Support Questions

Find answers, ask questions, and share your expertise
Announcements
Celebrating as our community reaches 100,000 members! Thank you!

SSL in Hadoop

avatar
New Contributor

Community,

I am implementing security as a part of POC on our cluster(HDP 2.3.4). I have few queries regarding below points, please feel free to share your thoughts on this.

1. I would like to enable SSL encryption for all the services (HDFS/YARN/Hive/Sqoop/Oozie) that I use in my cluster. Would it be possible to use a single cert for all the services?

2. What are the performance benefits of using third party authorized certs over self signed certs?

3. If third party certs are preferred,

3.1 Which certs are preferred among internal and external third party certs?

3.2 How would the certs from different vendors vary? Are there any specific standards that needs be met which purchasing the certs?

Regards,

Balaji

1 ACCEPTED SOLUTION

avatar

@Balaji M It is possible to use a single certificate for the entire cluster. You will need to make sure that the certificate is valid for a range of hosts and not host specific to make this work.

The preference for 3rd party vs. self-signed certs will really depend on your security policies within your organization. Third party Certificate Authorities (or CA, e.g. Verisign) are used for purposes of trusting the public key contained in the certificate. They are a "clearing house" that tells you that the public key has been validated and verified to belong to the owner. The difference between 3rd party certs is the level of trust with the CA. For internal uses, where you trust the CA signing the cert and don't need to ask other users to trust the certificate, then there really is no difference between the certificates. Likewise, if you are using the certificate for strictly internal purposes, then there is no difference between a 3rd party signed cert and a self-signed cert. Many organizations maintain an internal CA to generate their own certificates so they don't have to pay a 3rd party to sign the certificates. When installing a self-signed cert or a non-famous CA signed cert, you will need to set up trust for the certificate and/or CA when installing the certificate on the system.

Because the process for verifying and trusting the certificate does not vary for 3rd party signed certs vs. self-signed, there is really no performance difference for the type of certificate used.

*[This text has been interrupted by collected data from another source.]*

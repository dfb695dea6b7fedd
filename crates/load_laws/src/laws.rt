ghost use Rattle.std.specs.Prelude.{ℕ, ◌≤◌};
ghost use Rattle.load_deck.specs.LoadText.{load_text};
ghost use Rattle.deck_reader.specs.Decks.{Decks};
ghost use Rattle.verdicts.specs.Refused.{AreAccepted};
ghost use Rattle.load_laws.specs.LoadDeck.{load_deck};

/// The text of the load deck in which each terminal has at most 200 requests spells that deck, and the programs of its
/// banks are accepted.
pub fn the_load_text_is_a_deck()
    ensures deck { (count : ℕ) → count ≤ 200 → Decks (load_text count) (load_deck count) }
    ensures accepted { (count : ℕ) → AreAccepted (load_deck count).site.processes }
{}
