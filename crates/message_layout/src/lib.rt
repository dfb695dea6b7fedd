//! The words of the messages between nodes: requests, replies, checkpoints, whole or as what changed, that one was
//! taken, reports of silent processors, and which processor is down. No code runs here.
//!
//! Below stand `checkpoint_image` and `change_layout` with the words of checkpoints, `alive_regroup` with sets of
//! processors, and `world_semantics` with the messages of the world. The layer above sends `words_of`, of
//! `specs/Layout.antt`, and takes what comes for what `understood`, of `specs/Reading.antt`, tells.
#![tactic(auto)]

pub mod laws;

pub use change_layout::ChangeMessage;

There will be a fairly significant performance penalty for using SSL and certificates for all of the inter-process communication due to the overhead of verifying the certificate, decrypting/encrypting the traffic, etc. This performance penalty will depend on your workload, but I've seen reports of up to 15-20% performance penalty when enabling wire encryption.

Because of the complexities of certificate management, performance impacts, etc., you should design the security of your system with all aspects in mind. For example, at-rest data encryption for sensitive data keeps the data encrypted on the wire until it is encrypted/decrypted by the client. Security is a complex topic, so be aware that there may be more than one way to meet your needs.

View solution in original post

2 REPLIES 2

avatar

@Balaji M It is possible to use a single certificate for the entire cluster. You will need to make sure that the certificate is valid for a range of hosts and not host specific to make this work.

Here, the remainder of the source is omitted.